Data Augmentation based GPT (GPT-DA) was not shown to be a silver bullet to improve downstream tasks in low resource scenarios. The main reason is that GPT, although fine-tuned to specific training-data still generates new data that is too similar and is not able to expose the full distribution of the domain. On the other hand, less known is the fact that GPT generated data is very effective for training tiny models (few million parameters). In this notebook, I'll demonstrate how to deploy data-augmentation based GPT-Medium to improve tiny models accuracies.



















The following table summarizes the results of fine-tuning several models on the SST2 dataset (part of the Glue benchamrk). All of the models were fine-tuned using the 66K samples available as SST2 training data in the GLUE benchmark, in addition, the tiny models (Fnet, Transformer, Bi-LSTM) were also trained using augmented data generated by GPT. As we can see the tiny models have shown significant accuracy boost while trained with GPT-DA. In this notebook I will explain how such results can be replicated.    

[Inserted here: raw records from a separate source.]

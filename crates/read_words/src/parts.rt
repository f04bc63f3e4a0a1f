// The two parts that words are made of: zeros and a one, and a field that holds the numbers from one to another.
ghost use Rattle.std.specs.Prelude.{◌≡◌, ◌+◌, ◌-◌, ◌^◌, ◌≤◌, ◌<◌, length};
ghost use Rattle.format.specs.Limits.{largest_word};
ghost use Rattle.bits.specs.Cursor.{Within};
ghost use Rattle.layout.specs.Bits.{in_bits};
ghost use Rattle.read_words.specs.Told.{ToldWord, Upto, run, Among, Live};

use crate::NoWord;
use bits::Cursor;

// At most so many zeros, and a one. It stays out of its callers: one look settles most words, and what tells them need not carry this.
#[inline(never)]
pub fn zeros(c: Cursor, s: &[u8], most: usize) -> Result<(u32, Cursor), NoWord>
    requires { Within c (length s.now) × (most < largest_word) }
    ensures { ToldWord (Upto most) run s.now c result }
{
    let have = c.left();
    let z = c.zeros(s);
    if most < z {
        return Err(NoWord::Bad(c.ahead(most)));
    }
    if z == have {
        return Err(NoWord::Cut);
    }
    Ok((z as u32, c.on(z + 1)))
}

// Of w bits that stand for v, and are the first of n: how many there are until no number from lo to hi begins so.
fn live(v: u64, w: usize, n: usize, lo: u64, hi: u64) -> usize
    requires { (w ≤ n) × (n ≤ 32) × (lo ≤ hi) × (hi < 2 ^ n) × (v < 2 ^ w) }
    ensures { Live v w n lo hi result }
{
    for j in 0..w {
        let p = v >> (w - j - 1);
        if p < lo >> (n - j - 1) {
            return j;
        }
        if hi >> (n - j - 1) < p {
            return j;
        }
    }
    w
}

// A field of n bits that holds the numbers from lo to hi.
pub fn between(c: Cursor, s: &[u8], n: usize, lo: u64, hi: u64) -> Result<(u32, Cursor), NoWord>
    requires { Within c (length s.now) × (n ≤ 32) × (lo ≤ hi) × (hi < 2 ^ n) }
    ensures { ToldWord (Among n lo hi) (in_bits n) s.now c result }
{
    let w = n.min(c.left());
    let Some((v, d)) = c.field(s, w) else {
        return Err(NoWord::Cut);
    };
    let rest = n - w;
    let v64 = v as u64;
    if v64 < lo >> rest {
        return Err(NoWord::Bad(c.ahead(live(v64, w, n, lo, hi))));
    }
    if hi >> rest < v64 {
        return Err(NoWord::Bad(c.ahead(live(v64, w, n, lo, hi))));
    }
    if rest == 0 {
        return Ok((v, d));
    }
    Err(NoWord::Cut)
}
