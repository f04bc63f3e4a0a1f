// A whole stream.
ghost use Rattle.format.specs.Reading.{Checks};
ghost use Rattle.read_streams.specs.Told.{checked};

use bits::{BitPos, Cursor};
use limits::LONGEST_BUFFER;
use read_streams::Checked;
use reading::{Refusal, Refused};

pub fn check(s: &[u8]) -> Result<Checked, Refused>
    ensures { Checks s.now (checked result) }
{
    if LONGEST_BUFFER < s.len() {
        return Err(Refused::told_0(Refusal::Outside));
    }
    let all = Cursor::new(BitPos::new(0), BitPos::new(8 * s.len()));
    read_streams::check(all, s)
}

| **Model**               | **#params[M]** | **Acc**  | **Training Data**          | 
|:-----------------------:|:-------:|:---------------:|:-----------------:|
|  ***tiny-BERT kerasNLP**|    4    |   83.5          | 67K GLUE     
|  ****tiny-BERT distill**|    4    |   83.4.         | 67K GLUE   
|    **DistilBERT**       |    67   |   92.3.         | 67K GLUE     
|    **Fnet**             |    0.74 |   81.5/88.7     | 67K/GPT-DA(800K) 
|    **Transformer**      |    0.79 |   81.2/87.5     | 67K/GPT-DA(800K)
|       **Bi-LSTM**       |    0.66 |   82.9/**91.5** | 67K/GPT-DA(800K)




*tiny-BERT kerasNLP - See https://keras.io/api/keras_nlp/models/ 

**tiny-BERT distill - See https://www.philschmid.de/knowledge-distillation-bert-transformers

Fnet and Transformer network results are taken from https://keras.io/examples/nlp/fnet_classification_with_keras_nlp/

Recommended papers:

1. "A Few More Examples May Be Worth Billions of Parameters" https://arxiv.org/pdf/2110.04374.pdf

2. "Data Augmentation using Pre-trained Transformer Models" https://arxiv.org/abs/2003.02245

3. "GPT3Mix: Leveraging Large-scale Language Models for Text Augmentation" https://arxiv.org/abs/2104.08826

You can download the Bi-LSTM model fine-tuned on GPT-DA from the Hugging Face repository (**https://huggingface.co/moshew/distilbilstm-finetuned-sst-2-english**)

In [None]:
!pip install datasets
!pip install -q --upgrade keras-nlp tensorflow

**Data Augmentation**

Please note that steps 1-2 are only required if you dont have sufficient in-domain un-labeled data. 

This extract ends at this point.